Reach: the single, global planet-wide network with 91 global direct interconnect locations allows feeds originating from any region in the world to be transmitted to any other region after the appropriate in-cloud processing and transformation. This allows you to confidently meet your business requirements to supply media to your distribution partners.
Reliability: the global network has been designed to self-heal in the event of various failures or congestion by intelligently finding alternate optimal paths for your data with minimal effort on your part. These operations are handled automatically. We’ve devised mechanisms to defend against advanced attacks including DDoS threats. Our infrastructure was able to absorb a 2.5 Tbps DDoS attack in September 2017—the highest-bandwidth attack reported to date. By deploying Google Cloud Armor integrated into our Cloud Load Balancing service—which can scale to absorb massive DDoS attacks—you can protect services deployed in Google Cloud, other clouds, or on-premise.
Performance: Google’s innovation in its network stack gives you the benefit of extremely high network performance within and between regions. That means you can transmit media to partners with high throughput and low latency, packet loss, and jitter.
OTT and Direct-to-Consumer (DTC) Distribution
The en-masse adoption of streaming media has necessitated petabyte-scale global delivery of content to end customers. The end customers vary widely in their location, connectivity, equipment, and last-mile ISPs.
Google Cloud CDN has been purpose-built to deliver content with speed, efficiency, and reliability to all corners of the world. Cloud CDN caches your content in more than 100 locations around the world and hands it off to 144 network edge locations, placing your content close to your users, usually within one network hop through their ISP - giving your viewers the best possible content experience. Additionally, by using Cloud CDN, you get the benefit of over a decade of edge innovation, such as fast SSL handshakes through QUIC, advanced congestion control through BBR, simplified DNS management through global anycast IPs, and DDoS absorption at scale.
While Cloud CDN can serve content from any origin, Google Cloud Storage (GCS) with advanced capabilities like multi-regional buckets allow you to further leverage Google’s innovations to delight your customers.
4. Measuring, Monitoring, and Improving
PerfKit Benchmarker is an open-source tool created at Google that allows you to measure and understand performance across multiple clouds and hybrid deployments. Use PerfKit Benchmarker to get visibility into and benchmark performance metrics like latency, throughput, and jitter. You can access the tutorial here.
Google Cloud offers Network Intelligence Center for comprehensive and proactive monitoring, troubleshooting, and optimization capabilities across hybrid deployments. Four products are available within Network Intelligence Center today: Connectivity Tests, Network Topology, Performance Dashboard, and Firewall Insights. Learn more about how to fix your top network issues using these products.

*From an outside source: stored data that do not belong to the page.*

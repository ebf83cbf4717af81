// Requests of a slave for its keys (ETSI GS QKD 014 V1.1.1, Get key with key IDs).
ghost use Rattle.qkd014_api.specs.Gives.{Gives};
ghost use Rattle.qkd014_api.specs.Calls.{dec_by_query, dec_by_body};

use crate::body::{key_ids, name, object};
use crate::fault::CallFault;
use crate::query::{Given, parameter};
use net_model::Event;
use qkd_base::{Names, SaeNo};
use std::alloc::Global;

/// The event that asks for the key that a query names.
pub(crate) fn dec_by_query(
    alloc: Global,
    query: &[u8],
    master: SaeNo,
    slave: SaeNo,
) -> Result<Event, CallFault>
    ensures { Gives (dec_by_query query.now master slave) result }
{
    let Given::Once(text) = parameter(alloc, query, "key_ID")? else {
        return Err(CallFault::BadKeyId);
    };
    let name = name(text.as_str()).ok_or(CallFault::BadKeyId)?;
    let mut names = Names::new(alloc);
    names.push(name)?;
    Ok(Event::Dec {
        slave,
        master,
        names,
    })
}

/// The event that asks for the keys that a body names.
pub(crate) fn dec_by_body(
    alloc: Global,
    body: &[u8],
    master: SaeNo,
    slave: SaeNo,
) -> Result<Event, CallFault>
    ensures { Gives (dec_by_body body.now master slave) result }
{
    let object = object(alloc, body)?;
    let names = key_ids(alloc, &object)?;
    Ok(Event::Dec {
        slave,
        master,
        names,
    })
}
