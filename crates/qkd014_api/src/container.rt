// Encoding key containers.
ghost use Rattle.std.specs.Prelude.{◌≡◌, ◌≤◌, ◌+◌, ◌*◌, ◌++◌, IfOk, length, false, true, vec_len, vec_capacity};
ghost use Rattle.std.specs.List.{list_all};
ghost use Rattle.uuid.specs.Text.{lower, hyphenated_text};
ghost use Rattle.base64.specs.GeneralPurpose.{encode_of};
ghost use Rattle.base64.specs.Engines.{standard};
ghost use Rattle.qkd_base.specs.Name.{octets_of};
ghost use Rattle.qkd014_api.specs.Texts.{comma_text, keys_body, key_text, keys_text};
ghost use Rattle.qkd014_api.specs.Ready.{is_short};

use base64::engine::general_purpose::STANDARD;
use key_uuid::to_uuid;
use qkd_base::{KeyName, Keys, Memory, Octets};
use std::alloc::Global;
use uuid::Uuid;

/// The octets of a container around its keys.
pub(crate) const BODY_FRAME: usize = 11;

/// The most octets of a key: 684 of its base64, 36 of its name, and 23 of punctuation and labels.
pub(crate) const KEY_ROOM: usize = 743;

/// Encodes the keys that are handed out (ETSI GS QKD 014 V1.1.1, Key container). Longer keys than can be asked for have no
/// memory.
pub(crate) fn keys_body(alloc: Global, keys: &Keys) -> Result<Octets, Memory>
    ensures { IfOk result (λ body. body ≡ keys_body keys.now) }
{
    if !are_short(keys.as_slice()) {
        return Err(Memory);
    }
    let room = keys.len().checked_mul(KEY_ROOM).ok_or(Memory)?;
    let room = room.checked_add(BODY_FRAME).ok_or(Memory)?;
    let mut body = Vec::with_capacity(alloc, room)?;
    put_keys_body(keys.as_slice(), &mut body);
    Ok(Octets::from_vec(body))
}

/// Whether no key is longer than can be asked for.
pub(crate) fn are_short(keys: &[(KeyName, Octets)]) -> bool
    ensures { result ≡ list_all is_short keys.now }
{
    keys.iter().all(|key| key.1.len() <= 512)
}

/// Encodes keys into memory that was taken before.
#[tactic(auto, unfolding(crate::specs::Texts::keys_body))]
pub(crate) fn put_keys_body(keys: &[(KeyName, Octets)], body: &mut Vec<u8>)
    requires empty { vec_len body.old ≡ 0 }
    requires short { list_all is_short keys.now ≡ true }
    requires room { 743 * length keys.now + 11 ≤ vec_capacity body.old }
    ensures body { body.new.items ≡ keys_body keys.now }
    ensures len { vec_len body.new ≤ 743 * length keys.now + 11 }
{
    put(b"{\"keys\":[", body);
    put_keys(keys, body);
    put(b"]}", body);
}

/// Appends octets into memory that was taken before.
pub(crate) fn put(octets: &[u8], text: &mut Vec<u8>)
    requires room { vec_len text.old + length octets.now ≤ vec_capacity text.old }
    ensures items { text.new.items ≡ text.old.items ++ octets.now }
    ensures len { vec_len text.new ≡ vec_len text.old + length octets.now }
    ensures capacity { vec_capacity text.old ≤ vec_capacity text.new }
{
    text.extend_from_slice(octets).unwrap();
}

// Appends all keys in order.
fn put_keys(keys: &[(KeyName, Octets)], body: &mut Vec<u8>)
    requires short { list_all is_short keys.now ≡ true }
    requires room { vec_len body.old + 743 * length keys.now ≤ vec_capacity body.old }
    ensures items { body.new.items ≡ body.old.items ++ keys_text false keys.now }
    ensures len { vec_len body.new ≤ vec_len body.old + 743 * length keys.now }
    ensures capacity { vec_capacity body.old ≤ vec_capacity body.new }
{
    for (place, key) in keys.iter().enumerate() {
        put_key(place > 0, key.0, key.1.as_slice(), body);
    }
}

// Appends one key, and before it a comma unless it is the first.
#[tactic(auto, unfolding(crate::specs::Texts::key_text))]
fn put_key(later: bool, name: KeyName, bytes: &[u8], body: &mut Vec<u8>)
    requires short { length bytes.now ≤ 512 }
    requires room { vec_len body.old + 743 ≤ vec_capacity body.old }
    ensures items { body.new.items ≡ body.old.items ++ (comma_text later ++ key_text name bytes.now) }
    ensures len { vec_len body.new ≤ vec_len body.old + 743 }
    ensures capacity { vec_capacity body.old ≤ vec_capacity body.new }
{
    put_comma(later, body);
    put(b"{\"key\":\"", body);
    put_encoded(bytes, body);
    put(b"\",\"key_ID\":\"", body);
    put_name(name, body);
    put(b"\"}", body);
}

// Appends what stands before a key: a comma, or nothing before the first one.
fn put_comma(later: bool, body: &mut Vec<u8>)
    requires room { vec_len body.old + 1 ≤ vec_capacity body.old }
    ensures items { body.new.items ≡ body.old.items ++ comma_text later }
    ensures len { vec_len body.new ≤ vec_len body.old + 1 }
    ensures capacity { vec_capacity body.old ≤ vec_capacity body.new }
{
    if later {
        put(b",", body);
    }
}

// Appends bytes in base64 (RFC 4648, section 4).
fn put_encoded(bytes: &[u8], body: &mut Vec<u8>)
    requires short { length bytes.now ≤ 512 }
    requires room { vec_len body.old + 684 ≤ vec_capacity body.old }
    ensures items { body.new.items ≡ body.old.items ++ encode_of standard bytes.now }
    ensures len { vec_len body.new ≤ vec_len body.old + 684 }
    ensures capacity { vec_capacity body.old ≤ vec_capacity body.new }
{
    let mut buffer = [0; 684];
    let Ok(size) = STANDARD.encode_slice(bytes, &mut buffer) else {
        unreachable!();
    };
    put(&buffer[..size], body);
}

// Appends a name as the text of its UUID.
fn put_name(name: KeyName, body: &mut Vec<u8>)
    requires room { vec_len body.old + 36 ≤ vec_capacity body.old }
    ensures items { body.new.items ≡ body.old.items ++ hyphenated_text lower (octets_of name) }
    ensures len { vec_len body.new ≤ vec_len body.old + 36 }
    ensures capacity { vec_capacity body.old ≤ vec_capacity body.new }
{
    let mut buffer = Uuid::encode_buffer();
    let uuid = to_uuid(name);
    let form = uuid.hyphenated();
    let text = form.encode_lower(&mut buffer);
    put(text.as_bytes(), body);
}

Proper network setup and configuration is crucial to achieve high quality video broadcasts in the cloud. Google’s global network provides customers with a highly capable system, and with proper tuning for media use cases, customers can achieve high reliability and performance in their broadcast system.
No network system is static and unchanging. The Google Cloud network provides out-of-the-box tools for monitoring and insights. This allows you to continuously measure and improve your aggregate performance in an ever-changing environment where the needs of your broadcast partners and customers are continuously evolving.